Whenever a line in the entries below contains the string "crate", copy that line.
■ ■ ■ ■
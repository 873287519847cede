// The lines of a cleared book, one after another on a page.
ghost use Rattle.std.specs.Prelude.{◌≡◌, ◌++◌, IfOk, OnOk, codes};
ghost use Rattle.book_lines.specs.Lines.{bounds_text, operand_text, row_line, definition_line, definition_lines, numbered, book_text};
ghost use Rattle.book_lines.specs.Pages.{Adds};
ghost use Rattle.books.specs.Drafts.{drafted};

use crate::page::Page;
use crate::words::{Ends, operator_word, type_word};
use books::draft::Draft;
use kinds::number::Number;
use rules::row::{Bounds, Row};
use std::alloc::{AllocError, Global};

impl<K: Number> Page<'_, K> {
    // Bounds, after a blank.
    fn write_bounds(&mut self, bounds: Bounds) -> Result<(), AllocError>
        ensures { OnOk result (Adds self.old self.new (codes " " ++ bounds_text K.Number.kind self.old.numbers.now bounds)) }
    {
        match (bounds.lower, bounds.upper) {
            (Some(lower), Some(upper)) => {
                self.write_number(" ", lower)?;
                self.write_number(" and ", upper)
            }
            (Some(lower), None) => self.write_number(" from ", lower),
            (None, Some(upper)) => self.write_number(" up to ", upper),
            (None, None) => write!(self, " any"),
        }
    }

    // What comes after a row's operator.
    fn write_operands(&mut self, row: Row) -> Result<(), AllocError>
        ensures { OnOk result (Adds self.old self.new (operand_text K.Number.kind self.old.numbers.now row)) }
    {
        match row {
            Row::True | Row::False => Ok(()),
            Row::OfType(of) => write!(self, " {}", type_word(of)),
            Row::BooleanIs(value) => write!(self, " {value}"),
            Row::Pattern(n)
            | Row::NotPattern(n)
            | Row::EveryElement(n)
            | Row::SomeElement(n)
            | Row::Not(n)
            | Row::Variable(n) => write!(self, " {n}"),
            Row::Length(range) | Row::Members(range) => write!(self, " {}", Ends(range)),
            Row::Between(bounds) | Row::StrictlyBetween(bounds) => self.write_bounds(bounds),
            Row::Multiple(q) | Row::NotMultiple(q) => self.write_number(" of ", q),
            Row::EveryMember(p, o) | Row::SomeMember(p, o) => write!(self, " of pattern {p}: {o}"),
            Row::Count(o, range) => write!(self, " of {o}: {}", Ends(range)),
            Row::And(a, b) | Row::Or(a, b) => write!(self, " {a}, {b}"),
        }
    }

    // The line of row number r.
    fn write_row(&mut self, r: usize, row: Row) -> Result<(), AllocError>
        ensures { OnOk result (Adds self.old self.new (row_line K.Number.kind self.old.numbers.now r row)) }
    {
        write!(self, "row {r}: {}", operator_word(row))?;
        self.write_operands(row)?;
        writeln!(self)
    }

    // The line of definition number k, where the first `own` are the book's own and the others their complements.
    fn write_definition(&mut self, own: usize, k: usize, body: u16) -> Result<(), AllocError>
        ensures { OnOk result (Adds self.old self.new (definition_line own k body)) }
    {
        match k.checked_sub(own) {
            None => writeln!(self, "definition {k}: row {body}"),
            Some(of) => writeln!(self, "definition {k}, complement of {of}: row {body}"),
        }
    }

    // A line a row.
    fn write_rows(&mut self, rows: &[Row]) -> Result<(), AllocError>
        ensures { OnOk result (Adds self.old self.new (numbered (row_line K.Number.kind self.old.numbers.now) 0 rows.now)) }
    {
        for (r, row) in rows.iter().enumerate() {
            self.write_row(r, *row)?;
        }
        Ok(())
    }

    // A line a definition.
    fn write_definitions(&mut self, definitions: &[u16]) -> Result<(), AllocError>
        ensures { OnOk result (Adds self.old self.new (definition_lines definitions.now)) }
    {
        let own = definitions.len().div_ceil(2);
        for (k, body) in definitions.iter().enumerate() {
            self.write_definition(own, k, *body)?;
        }
        Ok(())
    }
}

// The lines of a cleared book with these numbers: one a row, one a definition, and the counts.
pub fn cleared_lines<K: Number>(
    heap: Global,
    draft: Draft<'_>,
    numbers: &[K],
) -> Result<Vec<u8>, AllocError>
    ensures { IfOk result (λ v. v.items ≡ book_text K.Number.kind numbers.now (drafted draft.entry)) }
{
    let Draft { rows, definitions } = draft;
    let mut page = Page {
        text: Vec::new(heap),
        numbers,
        heap,
    };
    page.write_rows(rows)?;
    page.write_definitions(definitions)?;
    writeln!(
        page,
        "{} rows, {} definitions",
        rows.len(),
        definitions.len()
    )?;
    Ok(page.text)
}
■ ■ ■ ■
» **The completed task**:
use crate::page::Page;
use crate::words::{Ends, operator_word, type_word};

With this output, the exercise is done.